Ia bermimpi tentang debu dan padang pasir. Tersesat dalam gelap sementara badai pasir di hadapannya menggulung-gulung perlahan dalam diam. Tiap butirannya menjadi teka-teki yang tak bisa diretas sebelum akhirnya sirna. Hiraya terbangun, merasakan butiran-butiran itu menghilang bersama hentakan tiba-tiba. Entah kenapa pikirannya gelisah, penuh dengan hal-hal asing. Ketakutan, kerinduan, dan kesedihan yang diperas secara bersamaan. Tubuhnya gigil, seolah mengindap penyakit akut selama bertahun-tahun.
Edmonton awal Januari. Tiga jam sebelum matahari terbit dengan keheningan yang masih menyebar. Angin musim dingin perlahan menyapu mimpinya. Kabut tipis bergerak ke darat, melewati barisan gedung kawasan Edinboro Road.
Ketika kesunyian benar-benar sampai pada titik tak tertanggungkan, gadis itu mulai menangis. Tangisan yang muncul dari lubuk tak terduga. Hingga matahari perlahan terbit di horizon, sisa-sisa mimpi ganjil itu pun mengendap dalam senyap.
Butuh setidaknya satu jam bagi Hiraya untuk menenangkan diri sebelum akhirnya memaksa tubuhnya untuk bangkit dan beranjak ke kamar mandi. Ditambah satu jam lagi untuk bersiap-siap sebelum meninggalkan flat.
Kesuraman tampak di wajahnya. Kemurungan yang berakar dalam, menyelubungi wajah khas Filipinanya. Dia berjalan seorang diri, jemari-jemari gadis itu memainkan tali ransel yang tersampir di bahu, mata memandang ke tanah dengan pikiran terombang-ambing.
Rambut hitamnya disisir ke belakang menjadi satu ekor kuda. Ujung rambut sampai ke bagian bawah punggung, nyaris menyetuh bokong, tampak seperti lelehan titanium. Ia mengenakan celana danim biru tua dan sebuah baju berbahan katun berwarna hijau. Tubuh ceking dengan lingkaran bawah mata yang tampak mulai memagari.
Jalan yang Hiraya lewati sangat ramai. Pandangan gadis itu menyergap barisan manusia yang menyemut di jalan. Orang-orang tampak begitu bernafsu menaklukkan waktu. Masing-masing bersicepat dalam perjalan menuju entah ke mana. Tenggelam dalam drama hidup masing-masing, ia merasa sendirian di dunianya. Hiraya tahu ia tak pernah menjadi bagian dari putaran waktu mereka. Ia sendirian dan merasa waktu berjalan sangat aneh. Baginya, waktu adalah absurditas yang nyaris kekal. Kadang ia merasa waktu bergulir sangat cepat.
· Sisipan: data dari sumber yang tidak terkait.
//! The run of a job: from the texts of its instance and its options to the text of its result document.
//!
//! [`run_job`] reads the options and then the instance, searches the instance within the options' limits for as long as a watch
//! lets it, and writes a report: an error where one of the texts is refused, or else what the search claims. A claim that a
//! point is optimal, that none is feasible, or that points have no best value is checked by `cert_checker` before it is told; where
//! the options ask for the form `rows`, it is told with multipliers of rows alone, if the checker accepts it so too.
//! Where a sum of that check doesn't fit 128 bits, or where the document would be longer than a document may be, only the claim's
//! point is told, with that cause. Where the options ask for a bound, a search that is given up has one; it is checked too, and is
//! left out where a sum doesn't fit or the document would be too long with it. Where the options hand in a result whose claim the checker accepts of the instance, that claim is
//! told, and nothing is searched. [`answer_job`] does the same, and its [`Document`] says too whether the report is of an error.
//!
//! `Right` says which documents answer a job: for one pair of texts there is one, but for want of memory and for the look that
//! stops the search. The laws say so, that a search which comes to its end is told, that each document, whatever it says, is read
//! as the answer that it was written from, and that what a document claims is accepted by the checker from the document's own
//! bytes, and so is true.
#![tactic(auto)]

mod closing;
mod document;
mod finding;
mod handing;
mod laws;
mod noting;
mod row_forms;
mod running;
mod telling;

pub use document::Document;
pub use laws::{
    answers_are_one, answers_exclude_each_other, bounds_are_told, claims_are_accepted,
    ended_searches_are_told, found_claims_are_refused_for_width_alone,
    result_documents_are_read_back,
};
pub use running::{answer_job, run_job};
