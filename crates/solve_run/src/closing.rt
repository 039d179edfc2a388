//! The check of a claim before it is told.
ghost use Rattle.std.specs.Prelude.{◌≡◌, ℕ, ◌<◌, ◌^◌, true, false, IfOk, IfSome};
ghost use Rattle.std.specs.List.{All};
ghost use Rattle.evidence.specs.Claim.{Accepts};
ghost use Rattle.instance.specs.Program.{problem};
ghost use Rattle.certificate.specs.Meanings as Means;
ghost use Rattle.certificate.specs.Nodes.{nodes_of, IsInRange};
ghost use Rattle.instance.specs.Parts.{IsValid};
ghost use Rattle.cert_checker.specs.Cuts.{HasRoom};
ghost use Rattle.solve_run.specs.declared.closing.Judged.TheVariants.{Width};
ghost use Rattle.solve_run.specs.Judging as specs;
ghost use Rattle.solve_run.specs.Closings.{IsFormed, IsShortOrNone, claim_report};

use crate::row_forms::claim_of_rows;
use cert_checker::{
    Refused, Scratch, Unshown, check, refused_is_not_accepted, shown_is_refused_for_width_alone,
};
use certificate::{Cause, Claim, Place, Step};
use instance::{Instance, problems_have_numbers};
use os_io::{MOST_BYTES, Memory, Text};
use osrl_writing::{JobStatus, Report, encode};
use std::alloc::Global;

/// The node at which a sum doesn't fit.
fn wide_node(refused: Refused) -> u32
    requires { (n : ℕ) × specs.IsWideAt refused n }
    ensures { specs.IsWideAt refused result }
{
    match refused {
        Refused::Level {
            why: Unshown::Wide { node },
            ..
        } => node,
        _ => unreachable!(),
    }
}

/// The node at which the first sum of a claim's check doesn't fit, if there is one. What a search has shown is refused for
/// nothing else.
fn judge_in(instance: &Instance, claim: &Claim, scratch: &mut Scratch) -> Option<u32>
    requires valid { IsValid instance.now }
    requires shown { specs.IsShownClaim instance.now claim.now }
    requires few { specs.HasFewRounds claim.now }
    requires is_final { specs.IsFinal claim.now }
    requires room { HasRoom instance.now claim.now scratch.old }
    ensures judged { specs.IsJudged instance.now claim.now (Width result) }
    ensures few { IfSome result (λ n. n < 2 ^ 32) }
{
    shown_is_refused_for_width_alone();
    problems_have_numbers();
    match check(instance, claim, scratch) {
        Ok(()) => None,
        Err(refused) => Some(wide_node(refused)),
    }
}

/// Whether a claim is one that is checked.
fn is_final(claim: &Claim) -> bool
    ensures yes { result ≡ true → specs.IsFinal claim.now }
    ensures no { result ≡ false → specs.IsFinal claim.now → ⊥ }
{
    match claim {
        Claim::BestSoFar { .. } | Claim::Unsure { .. } => false,
        _ => true,
    }
}

/// Whether a claim has a bound: one of a search that was given up.
fn is_bounded(claim: &Claim) -> bool
    ensures { result ≡ specs.is_bounded claim.now }
{
    match claim {
        Claim::BestSoFar { bound, .. } => bound.is_some(),
        Claim::Unsure { bound, .. } => bound.is_some(),
        _ => false,
    }
}

/// Whether a claim is accepted: one with a bound, or a final one in the form with multipliers of rows alone.
fn is_accepted(instance: &Instance, claim: &Claim, scratch: &mut Scratch) -> bool
    requires range { All IsInRange (nodes_of claim.now) }
    requires room { HasRoom instance.now claim.now scratch.old }
    ensures yes { result ≡ true → Accepts (problem instance.now) (Means.claim claim.now) }
    ensures no { result ≡ false → Accepts (problem instance.now) (Means.claim claim.now) → ⊥ }
{
    refused_is_not_accepted();
    problems_have_numbers();
    check(instance, claim, scratch).is_ok()
}

/// What was checked of a claim.
#[derive(Clone, Copy, PartialEq, Eq)]
pub enum Judged {
    /// It is accepted or isn't checked, or the first sum that doesn't fit is at this node.
    Width(Option<u32>),
    /// Whether it is accepted with its bound.
    Bound(bool),
}

/// Checks a claim that a search has shown, where it is final or has a bound.
pub fn judge(alloc: Global, instance: &Instance, claim: &Claim) -> Result<Judged, Memory>
    requires valid { IsValid instance.now }
    requires shown { specs.IsShownClaim instance.now claim.now }
    requires few { specs.HasFewRounds claim.now }
    ensures judged { IfOk result (specs.IsJudged instance.now claim.now) }
    ensures few { IfOk result specs.HasSmallNode }
{
    if is_bounded(claim) {
        let mut scratch = Scratch::for_claim(alloc, instance, claim)?;
        return Ok(Judged::Bound(is_accepted(instance, claim, &mut scratch)));
    }
    if !is_final(claim) {
        return Ok(Judged::Width(None));
    }
    let mut scratch = Scratch::for_claim(alloc, instance, claim)?;
    Ok(Judged::Width(judge_in(instance, claim, &mut scratch)))
}

/// The claim after its check. A bound that isn't accepted is left out.
pub fn checked(claim: Claim, turns: u64, verdict: Judged) -> Claim
    ensures { result ≡ specs.checked claim turns verdict }
{
    match verdict {
        Judged::Width(Some(node)) => {
            let place = Place {
                node,
                turn: turns,
                step: Step::Check,
            };
            claim.give_up(Cause::Wide(place))
        }
        Judged::Bound(false) => claim.without_bound(),
        Judged::Width(None) | Judged::Bound(true) => claim,
    }
}

/// A finished job's report with a claim.
pub fn claim_report(job: Option<Text>, claim: Claim) -> Report
    ensures { result ≡ claim_report job claim }
{
    Report {
        error: false,
        job,
        message: None,
        status: JobStatus::Finished,
        claim: Some(claim),
    }
}

/// A job's name once more.
fn copied(alloc: Global, job: &Option<Text>) -> Result<Option<Text>, Memory>
    ensures { IfOk result (λ copy. copy ≡ job.now) }
{
    match job {
        Some(name) => Ok(Some(Text::from_slice(alloc, name.as_slice())?)),
        None => Ok(None),
    }
}

/// The claim, where its document under this job's name isn't longer than one may be.
fn short_or_none(alloc: Global, job: &Option<Text>, claim: Claim) -> Result<Option<Claim>, Memory>
    ensures { IfOk result (IsShortOrNone job.now claim) }
{
    let name = copied(alloc, job)?;
    let mut report = claim_report(name, claim);
    let text = encode(alloc, &report)?;
    if text.len() as u64 > MOST_BYTES {
        return Ok(None);
    }
    Ok(report.claim.take())
}

/// A claim that a search has shown, in the form that is asked for: with multipliers of rows alone, by 1, where the checker accepts
/// it so and its document under this job's name isn't longer than one may be, and else as it is.
pub fn formed(
    alloc: Global,
    instance: &Instance,
    job: &Option<Text>,
    claim: Claim,
    form: u32,
) -> Result<Claim, Memory>
    requires valid { IsValid instance.now }
    requires shown { specs.IsShownClaim instance.now claim }
    requires few { specs.HasFewRounds claim }
    ensures { IfOk result (IsFormed instance.now job.now form claim) }
{
    if form != 1 || !is_final(&claim) {
        return Ok(claim);
    }
    let rows = claim_of_rows(alloc, instance.vars().len() as u32, &claim)?;
    let mut scratch = Scratch::for_claim(alloc, instance, &rows)?;
    if !is_accepted(instance, &rows, &mut scratch) {
        return Ok(claim);
    }
    match short_or_none(alloc, job, rows)? {
        Some(rows) => Ok(rows),
        None => Ok(claim),
    }
}
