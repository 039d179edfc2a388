//! Claims with multipliers of rows alone.
ghost use Rattle.std.specs.Prelude.{◌≡◌, map, IfOk};
ghost use Rattle.solve_run.specs.RowForms as specs;

use certificate::{Cert, Certs, Claim, Mult, Mults, Node, Nodes, Round, Rounds};
use items::{Items, TryCopy};
use os_io::Memory;
use std::alloc::Global;

/// Whether its column isn't one of so many variables.
fn is_of_row(vars: u32, mult: Mult) -> bool
    ensures { result ≡ specs.is_of_row vars mult }
{
    vars <= mult.col
}

/// The multipliers of rows.
fn rows_of(alloc: Global, vars: u32, mults: &Mults) -> Result<Mults, Memory>
    ensures { IfOk result (λ rows. rows ≡ specs.rows_of vars mults.now) }
{
    let mut rows = Items::new(alloc);
    let whole = mults.as_slice();
    for i in 0..whole.len() {
        if is_of_row(vars, whole[i]) {
            rows.push(whole[i])?;
        }
    }
    Ok(rows)
}

/// A node whose multipliers are of rows alone.
fn node_of_rows(alloc: Global, vars: u32, node: &Node) -> Result<Node, Memory>
    ensures { IfOk result (λ rows. rows ≡ specs.node_of_rows vars node.now) }
{
    match node {
        Node::Farkas(mults) => Ok(Node::FarkasRows(rows_of(alloc, vars, mults)?)),
        Node::Bound(mults) => Ok(Node::BoundRows(rows_of(alloc, vars, mults)?)),
        Node::Grid { step, mults } => Ok(Node::GridRows {
            step: *step,
            mults: rows_of(alloc, vars, mults)?,
        }),
        Node::Split { .. }
        | Node::Zero { .. }
        | Node::Clash { .. }
        | Node::FarkasRows(_)
        | Node::BoundRows(_)
        | Node::GridRows { .. } => node.try_copy(alloc),
    }
}

/// The nodes of a tree, with multipliers of rows alone.
fn nodes_of_rows(alloc: Global, vars: u32, nodes: &Nodes) -> Result<Nodes, Memory>
    ensures { IfOk result (λ rows. rows ≡ map (specs.node_of_rows vars) nodes.now) }
{
    let mut rows = Items::new(alloc);
    let whole = nodes.as_slice();
    for i in 0..whole.len() {
        rows.push(node_of_rows(alloc, vars, &whole[i])?)?;
    }
    Ok(rows)
}

/// A round whose multipliers are of rows alone.
fn round_of_rows(alloc: Global, vars: u32, round: &Round) -> Result<Round, Memory>
    ensures { IfOk result (λ rows. rows ≡ specs.round_of_rows vars round.now) }
{
    match round {
        Round::Whole(mults) => Ok(Round::OfRows(rows_of(alloc, vars, mults)?)),
        Round::OfRows(_) => round.try_copy(alloc),
    }
}

/// The rounds of a certificate, with multipliers of rows alone.
fn rounds_of_rows(alloc: Global, vars: u32, rounds: &Rounds) -> Result<Rounds, Memory>
    ensures { IfOk result (λ rows. rows ≡ map (specs.round_of_rows vars) rounds.now) }
{
    let mut rows = Items::new(alloc);
    let whole = rounds.as_slice();
    for i in 0..whole.len() {
        rows.push(round_of_rows(alloc, vars, &whole[i])?)?;
    }
    Ok(rows)
}

/// A certificate with multipliers of rows alone.
fn cert_of_rows(alloc: Global, vars: u32, cert: &Cert) -> Result<Cert, Memory>
    ensures { IfOk result (λ rows. rows ≡ specs.cert_of_rows vars cert.now) }
{
    let rounds = rounds_of_rows(alloc, vars, &cert.rounds)?;
    let nodes = nodes_of_rows(alloc, vars, &cert.nodes)?;
    Ok(Cert { rounds, nodes })
}

/// The certificates of levels, with multipliers of rows alone.
fn certs_of_rows(alloc: Global, vars: u32, certs: &Certs) -> Result<Certs, Memory>
    ensures { IfOk result (λ rows. rows ≡ map (specs.cert_of_rows vars) certs.now) }
{
    let mut rows = Items::new(alloc);
    let whole = certs.as_slice();
    for i in 0..whole.len() {
        rows.push(cert_of_rows(alloc, vars, &whole[i])?)?;
    }
    Ok(rows)
}

/// The same claim, with multipliers of rows alone, where it is final.
pub fn claim_of_rows(alloc: Global, vars: u32, claim: &Claim) -> Result<Claim, Memory>
    ensures { IfOk result (λ rows. rows ≡ specs.claim_of_rows vars claim.now) }
{
    match claim {
        Claim::Optimal {
            point,
            values,
            certs,
        } => Ok(Claim::Optimal {
            point: point.try_copy(alloc)?,
            values: values.try_copy(alloc)?,
            certs: certs_of_rows(alloc, vars, certs)?,
        }),
        Claim::Infeasible { cert } => Ok(Claim::Infeasible {
            cert: cert_of_rows(alloc, vars, cert)?,
        }),
        Claim::Unbounded {
            point,
            values,
            certs,
            ray,
        } => Ok(Claim::Unbounded {
            point: point.try_copy(alloc)?,
            values: values.try_copy(alloc)?,
            certs: certs_of_rows(alloc, vars, certs)?,
            ray: ray.try_copy(alloc)?,
        }),
        Claim::BestSoFar { .. } | Claim::Unsure { .. } => claim.try_copy(alloc),
    }
}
Baru beberapa menit memejamkan mata, tahu-tahu pagi sudah menyapa. Terlebih ketika ia tersiksa dalam pasungan bisikan-bisikan ganjil yang semakin lama semakin sering terdengar. Dalam momen magis itu, kesadarannya atas waktu seolah lenyap.
*****
Seseorang meluncurkan nampan warna kelabu kedalam pandangan Hiraya, sementara gadis itu menatap hampa ke atas piring berisi spageti. Tangan coklat, kuku pendek dan bersih, beberapa bulu hitam liar ruas jari.
“Here you are.” Sapa Nishi. Gadis Bangladesh yang selama ini menjadi temannya. “How do you doing, Raya?”
Ia sebenarnya tidak suka dipanggil dengan cara seperti itu. Orang seharusnya tidak memenggal nama agar makna di dalam nama itu tidak tereduksi. Tapi Nishi sepertinya tidak memerhatikan ketidaksukaan Hiraya.
Sekilas keduanya tampak dekat, layaknya sahabat, namun yang sebenarnya Nishilah yang terus menempeli Hiraya. Ketertarikan aneh yang dirasakan Nishi setiap kali memandang sosok Hiraya membuatnya tidak bisa tenang jika sehari saja tak menjumpainya. Hiraya menangkap kesan itu, tapi tak menanggapi lebih. Pun tak pernah menepis setiap kehadiran gadis Bengali itu. Mungkin sebenarnya dia pun butuh teman untuk mengalihkan pikirannya dari suara-suara dalam kepalanya.
“Sort of good.” Hiraya menyendok makanan ke mulut dan mengunyahnya tanpa semangat.
“Sort of?” Nishi bertanya dengan heran.
“Ya.”
“What’s wrong?” gadis yang mengenakan kemeja kotak-kotak merah itu penuh selidik.